*TASK ITEM*
Exactly as they appear, reproduce the lines from the one holding "and a head." through the last line of the material below.

╭─ ENTRIES SHOWN

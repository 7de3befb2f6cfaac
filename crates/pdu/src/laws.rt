//! Lemmas on the definitions of this crate, each stated as the contract of a function with an empty
//! body. A mark is what a byte of a stream completes: the head or the end of a PDU or of a
//! presentation data value. A frame is a PDU as a part of the stream.
ghost use Rattle.std.specs.Prelude.{◌≡◌, eqb, ◌≤◌, ◌++◌, [], ◌∷◌, ℕ, List, length, take, drop, Option, Result, Ok, Err};
ghost use Rattle.std.specs.List.{AllByRecursion, IsDistinct};
ghost use Rattle.std.specs.Io.KnownBytes.{append_known};
ghost use Rattle.element.specs.Numbers.{IsBytes};
ghost use Rattle.pdu.specs.declared.wire.WireFailed as wire;
ghost use Rattle.pdu.specs.Sent.{Line, Sends, sent_all};
ghost use Rattle.pdu.specs.Types.{associate_rq, associate_ac, associate_rj, p_data_tf, release_rq, release_rp, abort};
ghost use Rattle.pdu.specs.Types.{application_context_item, proposed_context_item, answered_context_item, abstract_syntax_item, transfer_syntax_item};
ghost use Rattle.pdu.specs.Types.{user_information_item, maximum_length_item, implementation_class_item, implementation_version_item};
ghost use Rattle.pdu.specs.Record.{RequestRecord};
ghost use Rattle.pdu.specs.Request.{RequestText, IsContextId, IsRequest};
ghost use Rattle.pdu.specs.Items.{request_record};
ghost use Rattle.pdu.specs.Refusal.{request_fault};
ghost use Rattle.pdu.specs.Pieces.{joined};
ghost use Rattle.pdu.specs.Frames.{IsRest, Splits, frames_of, rest_of};
ghost use Rattle.pdu.specs.Pdvs.{DataSpot, Marked, data_spot};
ghost use Rattle.pdu.specs.Marks.{Mark, Head, PdvHead, Pdv, BadPdv, Leftover, End, IsPdv, marks, marks_by, marks_of_values, new_marks, pdv_marks};
ghost use Rattle.pdu.specs.Examples.{no_pdu, good_then_bad, good_marks, good_then_bad_marks, empty_pdv, past_the_end, release_twice};

use crate::item_type::{
    ABSTRACT_SYNTAX, ANSWERED_CONTEXT, APPLICATION_CONTEXT, IMPLEMENTATION_CLASS_UID,
    IMPLEMENTATION_VERSION_NAME, MAXIMUM_LENGTH, PROPOSED_CONTEXT, TRANSFER_SYNTAX,
    USER_INFORMATION,
};
use crate::pdu_type::{
    A_ABORT, A_ASSOCIATE_AC, A_ASSOCIATE_RJ, A_ASSOCIATE_RQ, A_RELEASE_RP, A_RELEASE_RQ, P_DATA_TF,
};

/// The constants of [`pdu_type`](crate::pdu_type) equal the types in the definitions.
pub fn pdu_types()
    ensures associate_rq { A_ASSOCIATE_RQ ≡ associate_rq }
    ensures associate_ac { A_ASSOCIATE_AC ≡ associate_ac }
    ensures associate_rj { A_ASSOCIATE_RJ ≡ associate_rj }
    ensures p_data_tf { P_DATA_TF ≡ p_data_tf }
    ensures release_rq { A_RELEASE_RQ ≡ release_rq }
    ensures release_rp { A_RELEASE_RP ≡ release_rp }
    ensures abort { A_ABORT ≡ abort }
{}

/// The constants of [`item_type`](crate::item_type) equal the types in the definitions.
pub fn item_types()
    ensures application_context { APPLICATION_CONTEXT ≡ application_context_item }
    ensures proposed_context { PROPOSED_CONTEXT ≡ proposed_context_item }
    ensures answered_context { ANSWERED_CONTEXT ≡ answered_context_item }
    ensures abstract_syntax { ABSTRACT_SYNTAX ≡ abstract_syntax_item }
    ensures transfer_syntax { TRANSFER_SYNTAX ≡ transfer_syntax_item }
    ensures user_information { USER_INFORMATION ≡ user_information_item }
    ensures maximum_length { MAXIMUM_LENGTH ≡ maximum_length_item }
    ensures implementation_class { IMPLEMENTATION_CLASS_UID ≡ implementation_class_item }
    ensures implementation_version { IMPLEMENTATION_VERSION_NAME ≡ implementation_version_item }
{}

/// A body is the encoding of at most one association request (PS3.8 section 9.3.2).
pub fn body_has_one_request()
    ensures { (r q : RequestRecord) (b : List ℕ) → RequestText r b → RequestText q b → r ≡ q }
{}

/// Each association request has 32 reserved bytes, and presentation context IDs that are odd and
/// distinct.
pub fn requests_keep_their_form()
    ensures { (r : RequestRecord) (b : List ℕ) → IsBytes b → RequestText r b → IsRequest r }
{}

/// A request proposes at most 128 presentation contexts, as there are 128 odd numbers of one byte.
pub fn ids_are_few()
    ensures { (ns : List ℕ) → AllByRecursion IsContextId ns → IsDistinct eqb ns → length ns ≤ 128 }
{}

/// A body without a fault is the encoding of a request, the one that `read_request` returns; and an
/// encoding of a request has no fault.
pub fn body_without_fault_is_a_request()
    ensures text { (b : List ℕ) → request_fault b ≡ None → RequestText (request_record b) b }
    ensures none { (r : RequestRecord) (b : List ℕ) → RequestText r b → request_fault b ≡ None }
{}

/// Two sends have the same effect as one send of the concatenated bytes. Sending no bytes changes
/// nothing, and if the first send fails, so does the whole.
pub fn sends_are_joined()
    ensures known_nothing { (old : Option (List ℕ)) → append_known old [] ≡ old }
    ensures known { (old : Option (List ℕ)) (a b : List ℕ) → append_known (append_known old a) b ≡ append_known old (a ++ b) }
    ensures nothing { (old : Line) → sent_all [] old ≡ old }
    ensures all { (a b : List ℕ) (old : Line) → sent_all b (sent_all a old) ≡ sent_all (a ++ b) old }
    ensures failed { (a b : List ℕ) (f : wire.WireFailed) (old new : Line) → Sends a (Err f) old new → Sends (a ++ b) (Err f) old new }
    ensures both { (a b : List ℕ) (result : Result (Unit {0}) wire.WireFailed) (old now new : Line) → Sends a (Ok tt) old now → Sends b result now new → Sends (a ++ b) result old new }
{}

/// Every stream of bytes is a list of whole PDUs and a rest that is shorter than a PDU (PS3.8
/// section 9.3.1).
pub fn stream_has_frames()
    ensures { (s : List ℕ) → Splits s (frames_of s) (rest_of s) }
{}

/// A stream determines its list of whole PDUs and its rest.
pub fn stream_has_one_list_of_frames()
    ensures { (s : List ℕ) (fs gs : List (List ℕ)) (r t : List ℕ) → Splits s fs r → Splits s gs t → (fs ≡ gs) × (r ≡ t) }
{}

/// The marks of a stream never change: further bytes only append marks.
pub fn marks_only_grow()
    ensures { (s p : List ℕ) → marks (s ++ p) ≡ marks s ++ new_marks s p }
{}

/// The marks of a stream do not depend on how it is divided into chunks.
pub fn marks_do_not_show_the_cut()
    ensures { (s : List ℕ) (ps qs : List (List ℕ)) → joined ps ≡ joined qs → marks_by s ps ≡ marks_by s qs }
{}

/// The rest of a stream is shorter than a PDU, and a stream shorter than a PDU is its own rest.
pub fn rests_are_unfinished()
    ensures rest { (s : List ℕ) → IsRest (rest_of s) }
    ensures alone { (r : List ℕ) → IsRest r → rest_of r ≡ r }
{}

/// An empty chunk has no marks. Two chunks together have the marks of the first, followed by those
/// of the second.
pub fn pieces_mark_one_after_another()
    ensures nothing { (s : List ℕ) → new_marks s [] ≡ [] }
    ensures both { (s p q : List ℕ) → new_marks s (p ++ q) ≡ new_marks s p ++ new_marks (s ++ p) q }
{}

/// The marks of further bytes depend only on the unfinished PDU before them.
pub fn marks_depend_on_the_rest()
    ensures marks { (s p : List ℕ) → new_marks s p ≡ new_marks (rest_of s) p }
    ensures rest { (s p : List ℕ) → rest_of (s ++ p) ≡ rest_of (rest_of s ++ p) }
{}

/// The bytes of a P-DATA-TF PDU after its head determine their marks and the position inside the
/// PDU after them, which `pdv_marks` and `data_spot` compute (PS3.8 section 9.3.5 and annex E.2).
pub fn marks_of_data_are_one()
    ensures some { (room : ℕ) (bytes : List ℕ) → Marked room bytes (pdv_marks room bytes) (data_spot room bytes) }
    ensures marks { (room : ℕ) (bytes : List ℕ) (ms : List Mark) (s : DataSpot) → Marked room bytes ms s → pdv_marks room bytes ≡ ms }
    ensures spot { (room : ℕ) (bytes : List ℕ) (ms : List Mark) (s : DataSpot) → Marked room bytes ms s → data_spot room bytes ≡ s }
{}

/// In a P-DATA-TF PDU that consists of whole presentation data values, each value has two marks,
/// its head and its end (PS3.8 section 9.3.5).
pub fn whole_values_are_marked()
    ensures { (vs : List (List ℕ)) → AllByRecursion IsPdv vs → pdv_marks (length (joined vs)) (joined vs) ≡ marks_of_values vs }
{}

/// Example: the first mark of an HTTP request is the head of a PDU of unrecognized type, at its
/// sixth byte.
pub fn bytes_that_are_no_pdu()
    ensures sixth { marks no_pdu ≡ Head 0x47 0x54202F20 ∷ [] }
    ensures fifth { marks (take 5 no_pdu) ≡ [] }
{}

/// Example: a valid presentation data value has its mark at its last byte, though the next value in
/// the same PDU is invalid. A receiver that waits for the whole PDU would have other marks.
pub fn a_good_value_before_a_bad_one()
    ensures whole { marks good_then_bad ≡ good_then_bad_marks }
    ensures at_once { marks (take 14 good_then_bad) ≡ good_marks }
    ensures no_waiting { marks good_then_bad ≡ Head 4 14 ∷ End 4 (drop 6 good_then_bad) ∷ [] → ⊥ }
{}

/// Examples: one to five bytes after a presentation data value have the mark `Leftover` and are
/// dropped; six bytes may be the head of another value.
pub fn bytes_that_remain()
    ensures one { marks (empty_pdv 7) ≡ Head 4 7 ∷ PdvHead 2 1 2 ∷ Pdv 1 2 [] ∷ Leftover ∷ [] }
    ensures five { marks (empty_pdv 11) ≡ Head 4 11 ∷ PdvHead 2 1 2 ∷ Pdv 1 2 [] ∷ Leftover ∷ [] }
    ensures dropped { marks (empty_pdv 11 ++ 1 ∷ 2 ∷ 3 ∷ 4 ∷ 5 ∷ []) ≡ Head 4 11 ∷ PdvHead 2 1 2 ∷ Pdv 1 2 [] ∷ Leftover ∷ End 4 (drop 6 (empty_pdv 11) ++ 1 ∷ 2 ∷ 3 ∷ 4 ∷ 5 ∷ []) ∷ [] }
    ensures six { marks (empty_pdv 12) ≡ Head 4 12 ∷ PdvHead 2 1 2 ∷ Pdv 1 2 [] ∷ [] }
{}

/// Example: a presentation data value that passes the end of its PDU is invalid.
pub fn a_value_past_its_frame()
    ensures { marks past_the_end ≡ Head 4 6 ∷ BadPdv ∷ End 4 (drop 6 past_the_end) ∷ [] }
{}

/// Example: the marks of a whole PDU and the head of a second one are a head, an end and a head.
pub fn two_frames()
    ensures { marks release_twice ≡ Head 5 4 ∷ End 5 (0 ∷ 0 ∷ 0 ∷ 0 ∷ []) ∷ Head 5 4 ∷ [] }
{}
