//! Stores received files in a folder: [`FolderFiling`] is a `part10::Filing` that gives each file a
//! name of its own in the folder, and [`FolderWriter`] makes several filings for one folder.
#![tactic(auto)]

mod aside;
mod call;
mod draft_size;
mod drafts;
mod entered_file;
mod folder_calls;
mod folder_filing;
mod folder_identity;
mod folder_writer;
mod given_names;
mod group;
mod kept_numbers;
pub mod laws;
mod listing;
mod location;
mod locked_folder;
mod named_file;
mod names;
mod names_synced;
mod naming;
mod notes;
mod numbers;
mod occupancy;
mod open_folder;
mod pending;
mod quarantine;
mod quarantine_names;
mod stored_file;
mod writeback;

pub use aside::{KeptDraft, SetAside};
pub use folder_filing::FolderFiling;
pub use folder_writer::{FolderWriter, QuarantineFound};
pub use location::Location;
pub use names::{EntryKind, EntryName};
pub use names_synced::NamesSynced;
pub use notes::DraftNotes;
pub use stored_file::StoredFile;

╰─

*SOLUTION TO THIS PROBLEM*
/// Example: the marks of a whole PDU and the head of a second one are a head, an end and a head.
pub fn two_frames()
    ensures { marks release_twice ≡ Head 5 4 ∷ End 5 (0 ∷ 0 ∷ 0 ∷ 0 ∷ []) ∷ Head 5 4 ∷ [] }
{}
//! Stores received files in a folder: [`FolderFiling`] is a `part10::Filing` that gives each file a
//! name of its own in the folder, and [`FolderWriter`] makes several filings for one folder.
#![tactic(auto)]

mod aside;
mod call;
mod draft_size;
mod drafts;
mod entered_file;
mod folder_calls;
mod folder_filing;
mod folder_identity;
mod folder_writer;
mod given_names;
mod group;
mod kept_numbers;
pub mod laws;
mod listing;
mod location;
mod locked_folder;
mod named_file;
mod names;
mod names_synced;
mod naming;
mod notes;
mod numbers;
mod occupancy;
mod open_folder;
mod pending;
mod quarantine;
mod quarantine_names;
mod stored_file;
mod writeback;

pub use aside::{KeptDraft, SetAside};
pub use folder_filing::FolderFiling;
pub use folder_writer::{FolderWriter, QuarantineFound};
pub use location::Location;
pub use names::{EntryKind, EntryName};
pub use names_synced::NamesSynced;
pub use notes::DraftNotes;
pub use stored_file::StoredFile;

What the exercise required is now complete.